Every developer has seen the cartoon “Exploits of a Mom” in which a boy named “Robert”); DROP TABLE Students;”` deletes a school’s student database. Even though an LLM seems smart, it’s actually no smarter than a SQL database. It’s like your “comedian” brother who convinces your little nephew to repeat swear words at grandma, wrong inputs can create bad results. Both should be sanitized and considered unreliable.
Additionally, you need to set guardrails around what the LLM or app can do, considering the principle of least privilege. Essentially, apps that use or enable LLM and the LLM infrastructure should not have access to data or functionality that they absolutely do not need, so that they cannot accidentally put it at the service of a hacker.

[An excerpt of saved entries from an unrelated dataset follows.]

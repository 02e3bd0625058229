//! The ticks of a session whose sources and queries are worked on by threads at once.
#![tactic(auto)]

mod at_once;
pub mod error;
mod seats;
mod stepping;

pub use at_once::round_at_once;
pub use error::StepRefusal;
pub use stepping::work_step;
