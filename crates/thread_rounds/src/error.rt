//! Why a step of threads isn't done.

use thiserror::Error;

/// Why a step of threads isn't done.
#[derive(Clone, Copy, Debug, Error)]
pub enum StepRefusal {
    /// The source at this place failed, the first one of those that did.
    #[error("failed to read source {place}")]
    SourceFault { place: usize },
    /// The next event's or the next batch's number would pass 2^62.
    #[error("event or batch numbers are exhausted")]
    NumbersSpent,
    /// Memory was wanting.
    #[error("out of memory")]
    NoMemory,
}
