//! A round of the sources and of workers who answer what is due, all at once.

ghost use Rattle.std.specs.Prelude.{◌≡◌, ◌+◌, ◌≤◌, IfSome, length};
ghost use Rattle.session_model.specs.Orders.{at_once};
ghost use Rattle.daemon_rounds.specs.Orders.{EndsRound};
ghost use Rattle.daemon_rounds.specs.Rounding.{AreGoing};
ghost use Rattle.thread_rounds.specs.AtOnce.{taken_by, untaken_by};

use crate::error::StepRefusal;
use crate::stepping::work_step;
use daemon_rounds::TakeError;
use entry_model::restored::Restored;
use osq_outside::{Gate, Source};
use session_state::State;
use shared_store::Store;
use source_feeds::Feed;
use std::alloc::Global;
use std::mem;
use std::sync::Wait;
use std::thread::Threads;
use thread_jobs::Terms;

/// How many seats so many publishers and workers need beside the first one, or nothing where that can't be counted.
fn seats_for(publishers: usize, workers: u32) -> Option<u32>
    ensures { IfSome result (λ seats. seats ≡ 1 + (publishers + workers)) }
{
    let Ok(publishers) = u32::try_from(publishers) else {
        return None;
    };
    match publishers.checked_add(workers) {
        Some(threads) => threads.checked_add(1),
        None => None,
    }
}

/// Why a round isn't done whose step is refused.
fn untaken(refusal: StepRefusal) -> TakeError
    ensures { result ≡ untaken_by refusal }
{
    match refusal {
        StepRefusal::SourceFault { place } => TakeError::SourceFault { place },
        StepRefusal::NumbersSpent => TakeError::NumbersSpent,
        StepRefusal::NoMemory => TakeError::NoMemory,
    }
}

/// How a round ends, where its step ended so.
fn taken(done: Result<(), StepRefusal>) -> Result<(), TakeError>
    ensures { result ≡ taken_by done }
{
    match done {
        Ok(()) => Ok(()),
        Err(refusal) => Err(untaken(refusal)),
    }
}

/// A round of the sources and of so many workers by threads, over a store that is made over the state and gives it back. No two sources have one name.
///
/// Each source takes one step, of at most so many records, in a thread of its own, and the workers answer what is due meanwhile. Where memory is wanting
/// the state is lost: an empty one stands in its place.
/// SourceFault with the place of the first source that failed; NumbersSpent where the next event's or batch's number would pass 2^62.
pub fn round_at_once<R: Threads + Wait + Sync, S: Source, G: Gate>(
    rt: &R,
    gate: &G,
    workers: u32,
    alloc: Global,
    state: &mut State,
    feeds: &mut [Feed],
    sources: &mut [S],
    most: u64,
) -> Result<(), TakeError>
    requires workers { 1 ≤ workers }
    requires paired { length sources.old ≡ length feeds.old }
    requires going { AreGoing state.old.counts.taken feeds.old }
    ensures { EndsRound at_once S.tells S.left S.faults most feeds.old feeds.new sources.old sources.new state.old state.new result }
{
    let Some(seats) = seats_for(feeds.len(), workers) else {
        return Err(TakeError::NoMemory);
    };
    let Ok(empty) = State::begin(alloc, Restored::empty(alloc)) else {
        return Err(TakeError::NoMemory);
    };
    let given = mem::replace(state, empty);
    let Ok((store, mut first)) = Store::over(alloc, given, seats) else {
        return Err(TakeError::NoMemory);
    };
    let terms = Terms { alloc, most };
    let done = work_step(
        rt, &terms, &store, gate, &mut first, feeds, sources, workers,
    );
    *state = store.close(first);
    taken(done)
}
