// A diagram's number with minimum variables. What it is stands in specs/.
#![tactic(auto)]
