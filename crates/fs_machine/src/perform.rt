//! Operations on inodes, references and descriptors, made of what is in hand; and any of them.
ghost use Rattle.std.specs.Prelude.{◌≡◌, ◌<◌};
ghost use Rattle.fs_machine.specs.Steps.{state_of};
ghost use Rattle.fs_machine.specs.Premises.{May};
ghost use Rattle.fs_machine.specs.Hands.{HandFits};
ghost use Rattle.fs_machine.specs.declared.hand.Hand.{Hand as HandState};
ghost use Rattle.fs_machine.specs.declared.op.Answer.{Answer as AnswerState};
ghost use Rattle.fs_machine.specs.Ops.{op_in, CanDo, Prepared};
ghost use Rattle.fs_machine.specs.Performs.{Performs};

use crate::hand::{Hand, InodePlace, Place};
use crate::op::{Answer, Op, Performed};
use crate::{
    Claim, Core, Doubled, Dropped, Given, JoinedToWrite, Kind, LockedFile, NewFile, Refused, Shut,
    Want,
};
use block_device::Device;
use buffer_cache::HARTS;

AI can still be considered in its infancy and, as with any child, should not be given the freedom to wander into any non-childproof room. LLMs may misunderstand, hallucinate, and be deliberately misled. When this happens, good locks, good walls, and good filters should help prevent them from accessing or revealing secrets.
In summary
Large language models are an amazing tool. They are set to revolutionize a number of professions, processes and industries. But they are distant they come from mature technology, and many are adopting them recklessly for fear of being left behind.
As you would with any child who has developed enough mobility to get into trouble, you need to keep an eye on him and lock any cabinets you don’t want him to get into. Proceed with large language models, but proceed with caution.